:: DATA EXCERPTS

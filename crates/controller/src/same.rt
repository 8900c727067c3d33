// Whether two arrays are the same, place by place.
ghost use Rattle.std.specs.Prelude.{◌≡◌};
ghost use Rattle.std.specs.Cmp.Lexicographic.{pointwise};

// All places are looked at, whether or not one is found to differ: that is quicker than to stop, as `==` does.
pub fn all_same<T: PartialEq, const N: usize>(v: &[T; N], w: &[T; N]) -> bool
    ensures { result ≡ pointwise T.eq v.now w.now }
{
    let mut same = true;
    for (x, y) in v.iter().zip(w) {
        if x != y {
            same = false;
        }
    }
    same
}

::::
:: DATA EXCERPTS

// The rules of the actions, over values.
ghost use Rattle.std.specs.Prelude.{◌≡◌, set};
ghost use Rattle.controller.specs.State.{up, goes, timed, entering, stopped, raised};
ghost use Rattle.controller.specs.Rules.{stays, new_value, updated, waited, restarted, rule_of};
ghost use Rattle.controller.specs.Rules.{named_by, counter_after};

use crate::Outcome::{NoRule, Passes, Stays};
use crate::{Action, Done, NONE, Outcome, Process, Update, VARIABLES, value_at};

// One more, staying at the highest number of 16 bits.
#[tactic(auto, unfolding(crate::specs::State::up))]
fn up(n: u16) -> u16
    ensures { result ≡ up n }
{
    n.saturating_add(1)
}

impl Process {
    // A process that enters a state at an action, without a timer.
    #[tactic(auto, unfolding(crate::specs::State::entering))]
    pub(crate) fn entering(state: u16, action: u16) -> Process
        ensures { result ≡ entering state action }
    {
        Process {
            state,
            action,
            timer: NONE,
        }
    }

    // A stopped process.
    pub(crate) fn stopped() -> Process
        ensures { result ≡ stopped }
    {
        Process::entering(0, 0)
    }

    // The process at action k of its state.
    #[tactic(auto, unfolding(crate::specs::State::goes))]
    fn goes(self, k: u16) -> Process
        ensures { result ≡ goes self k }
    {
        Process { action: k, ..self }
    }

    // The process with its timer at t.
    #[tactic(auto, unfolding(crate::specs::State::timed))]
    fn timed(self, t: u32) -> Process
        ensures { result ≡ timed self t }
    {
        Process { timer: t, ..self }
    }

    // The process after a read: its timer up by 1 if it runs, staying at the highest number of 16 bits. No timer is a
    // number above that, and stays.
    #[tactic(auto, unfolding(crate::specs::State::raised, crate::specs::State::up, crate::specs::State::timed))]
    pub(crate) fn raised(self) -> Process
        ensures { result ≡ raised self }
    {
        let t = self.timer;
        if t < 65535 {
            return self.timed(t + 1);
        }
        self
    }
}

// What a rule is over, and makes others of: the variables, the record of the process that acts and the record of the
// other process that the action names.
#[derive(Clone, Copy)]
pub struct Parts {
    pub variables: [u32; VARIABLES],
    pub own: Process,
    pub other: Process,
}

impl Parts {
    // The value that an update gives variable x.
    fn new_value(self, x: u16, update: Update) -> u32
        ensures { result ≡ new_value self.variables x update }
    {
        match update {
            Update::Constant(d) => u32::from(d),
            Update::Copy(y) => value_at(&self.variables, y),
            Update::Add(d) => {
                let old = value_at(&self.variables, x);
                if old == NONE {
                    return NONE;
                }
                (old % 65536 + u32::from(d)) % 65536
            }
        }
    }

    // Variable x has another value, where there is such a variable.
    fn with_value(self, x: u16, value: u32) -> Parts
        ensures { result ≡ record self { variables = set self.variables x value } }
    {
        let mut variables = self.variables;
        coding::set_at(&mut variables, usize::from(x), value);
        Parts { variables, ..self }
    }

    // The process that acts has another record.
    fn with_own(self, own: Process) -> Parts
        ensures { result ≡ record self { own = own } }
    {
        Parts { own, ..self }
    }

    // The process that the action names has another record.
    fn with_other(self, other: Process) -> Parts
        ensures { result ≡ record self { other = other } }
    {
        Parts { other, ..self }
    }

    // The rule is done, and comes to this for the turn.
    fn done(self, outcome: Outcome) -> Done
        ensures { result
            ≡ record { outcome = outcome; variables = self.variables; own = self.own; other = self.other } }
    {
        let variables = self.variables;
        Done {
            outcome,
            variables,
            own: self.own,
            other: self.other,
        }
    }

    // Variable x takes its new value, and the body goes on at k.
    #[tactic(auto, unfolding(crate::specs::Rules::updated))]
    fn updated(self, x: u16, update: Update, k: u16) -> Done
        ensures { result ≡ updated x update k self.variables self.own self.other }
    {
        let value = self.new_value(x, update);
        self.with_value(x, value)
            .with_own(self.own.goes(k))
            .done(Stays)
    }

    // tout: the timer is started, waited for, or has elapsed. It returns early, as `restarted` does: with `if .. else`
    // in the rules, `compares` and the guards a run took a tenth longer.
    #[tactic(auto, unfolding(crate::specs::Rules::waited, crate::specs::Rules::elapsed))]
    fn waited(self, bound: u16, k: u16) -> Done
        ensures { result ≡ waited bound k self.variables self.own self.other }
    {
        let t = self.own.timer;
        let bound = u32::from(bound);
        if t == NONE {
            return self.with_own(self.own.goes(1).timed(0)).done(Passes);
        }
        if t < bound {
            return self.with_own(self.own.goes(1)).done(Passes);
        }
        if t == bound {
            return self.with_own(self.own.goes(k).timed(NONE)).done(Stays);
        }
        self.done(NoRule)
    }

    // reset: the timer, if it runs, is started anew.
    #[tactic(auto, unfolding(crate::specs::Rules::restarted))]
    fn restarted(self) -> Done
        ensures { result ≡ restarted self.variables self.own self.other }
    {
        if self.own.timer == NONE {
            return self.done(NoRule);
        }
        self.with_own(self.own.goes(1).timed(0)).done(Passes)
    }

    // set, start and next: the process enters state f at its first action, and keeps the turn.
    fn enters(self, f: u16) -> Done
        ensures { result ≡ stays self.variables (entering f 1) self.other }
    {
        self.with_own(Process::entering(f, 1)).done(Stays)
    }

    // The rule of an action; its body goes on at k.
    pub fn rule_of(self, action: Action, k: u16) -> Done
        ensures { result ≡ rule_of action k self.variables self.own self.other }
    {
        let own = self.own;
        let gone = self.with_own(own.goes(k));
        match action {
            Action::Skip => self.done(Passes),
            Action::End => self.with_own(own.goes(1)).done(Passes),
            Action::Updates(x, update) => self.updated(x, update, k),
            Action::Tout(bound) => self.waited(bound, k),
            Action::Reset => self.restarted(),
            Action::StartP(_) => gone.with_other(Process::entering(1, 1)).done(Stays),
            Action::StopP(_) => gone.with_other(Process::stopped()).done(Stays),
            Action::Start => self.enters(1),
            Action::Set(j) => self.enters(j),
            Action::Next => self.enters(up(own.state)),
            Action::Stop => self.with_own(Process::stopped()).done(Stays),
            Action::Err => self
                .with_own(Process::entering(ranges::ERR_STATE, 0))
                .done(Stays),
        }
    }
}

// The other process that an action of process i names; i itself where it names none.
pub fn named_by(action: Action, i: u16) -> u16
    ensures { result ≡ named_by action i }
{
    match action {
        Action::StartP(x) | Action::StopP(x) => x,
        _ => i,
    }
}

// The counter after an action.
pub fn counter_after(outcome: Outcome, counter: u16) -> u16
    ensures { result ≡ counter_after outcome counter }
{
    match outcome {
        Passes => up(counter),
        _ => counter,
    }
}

::::
:: DATA EXCERPTS

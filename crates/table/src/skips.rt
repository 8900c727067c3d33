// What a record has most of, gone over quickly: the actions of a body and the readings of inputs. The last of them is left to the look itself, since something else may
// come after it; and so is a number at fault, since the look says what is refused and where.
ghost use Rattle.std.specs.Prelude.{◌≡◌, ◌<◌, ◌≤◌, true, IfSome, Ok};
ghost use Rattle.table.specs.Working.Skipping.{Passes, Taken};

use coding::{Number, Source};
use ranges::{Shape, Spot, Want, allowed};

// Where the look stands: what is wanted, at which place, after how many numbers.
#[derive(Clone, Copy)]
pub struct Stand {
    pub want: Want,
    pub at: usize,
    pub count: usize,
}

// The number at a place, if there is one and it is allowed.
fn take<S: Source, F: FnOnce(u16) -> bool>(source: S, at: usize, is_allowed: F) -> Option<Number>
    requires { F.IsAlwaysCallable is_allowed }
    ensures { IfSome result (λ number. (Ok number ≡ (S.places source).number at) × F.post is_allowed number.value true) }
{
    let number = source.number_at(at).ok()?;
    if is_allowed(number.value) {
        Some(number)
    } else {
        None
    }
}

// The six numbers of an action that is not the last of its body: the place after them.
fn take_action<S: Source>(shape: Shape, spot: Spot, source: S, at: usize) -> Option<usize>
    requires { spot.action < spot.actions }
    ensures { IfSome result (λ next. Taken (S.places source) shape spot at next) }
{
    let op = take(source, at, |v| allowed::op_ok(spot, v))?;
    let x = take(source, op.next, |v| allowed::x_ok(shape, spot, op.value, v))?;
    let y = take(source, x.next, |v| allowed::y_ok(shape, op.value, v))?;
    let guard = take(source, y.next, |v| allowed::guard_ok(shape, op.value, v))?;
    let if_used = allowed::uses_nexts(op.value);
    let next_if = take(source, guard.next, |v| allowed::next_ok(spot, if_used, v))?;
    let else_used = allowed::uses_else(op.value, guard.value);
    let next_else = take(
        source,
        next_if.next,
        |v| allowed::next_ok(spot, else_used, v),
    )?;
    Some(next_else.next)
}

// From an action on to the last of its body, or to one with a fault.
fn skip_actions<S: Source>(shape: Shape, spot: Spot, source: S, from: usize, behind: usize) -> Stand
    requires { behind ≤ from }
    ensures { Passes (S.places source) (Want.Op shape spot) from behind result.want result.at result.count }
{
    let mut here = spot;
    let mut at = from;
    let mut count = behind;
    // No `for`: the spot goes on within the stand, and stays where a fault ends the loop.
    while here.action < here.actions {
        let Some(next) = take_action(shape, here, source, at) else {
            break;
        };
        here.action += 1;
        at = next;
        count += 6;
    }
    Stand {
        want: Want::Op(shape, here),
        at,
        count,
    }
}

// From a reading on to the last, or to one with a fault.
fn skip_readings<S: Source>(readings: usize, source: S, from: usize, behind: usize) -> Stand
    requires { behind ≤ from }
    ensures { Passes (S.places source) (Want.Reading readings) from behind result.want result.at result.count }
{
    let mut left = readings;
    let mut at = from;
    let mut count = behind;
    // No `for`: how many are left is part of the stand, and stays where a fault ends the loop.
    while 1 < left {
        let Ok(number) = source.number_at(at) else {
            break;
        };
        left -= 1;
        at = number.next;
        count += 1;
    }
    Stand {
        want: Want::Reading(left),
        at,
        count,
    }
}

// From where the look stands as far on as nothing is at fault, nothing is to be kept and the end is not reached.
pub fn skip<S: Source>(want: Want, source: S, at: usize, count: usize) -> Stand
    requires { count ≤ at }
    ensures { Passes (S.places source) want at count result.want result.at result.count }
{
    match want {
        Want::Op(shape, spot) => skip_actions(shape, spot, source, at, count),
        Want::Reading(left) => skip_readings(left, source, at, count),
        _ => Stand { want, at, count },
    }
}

::::

REQUIRED WORK
What is wanted is the number of lines holding "crates" in the entries. Nothing else should be given.

WRITTEN SOLUTION
2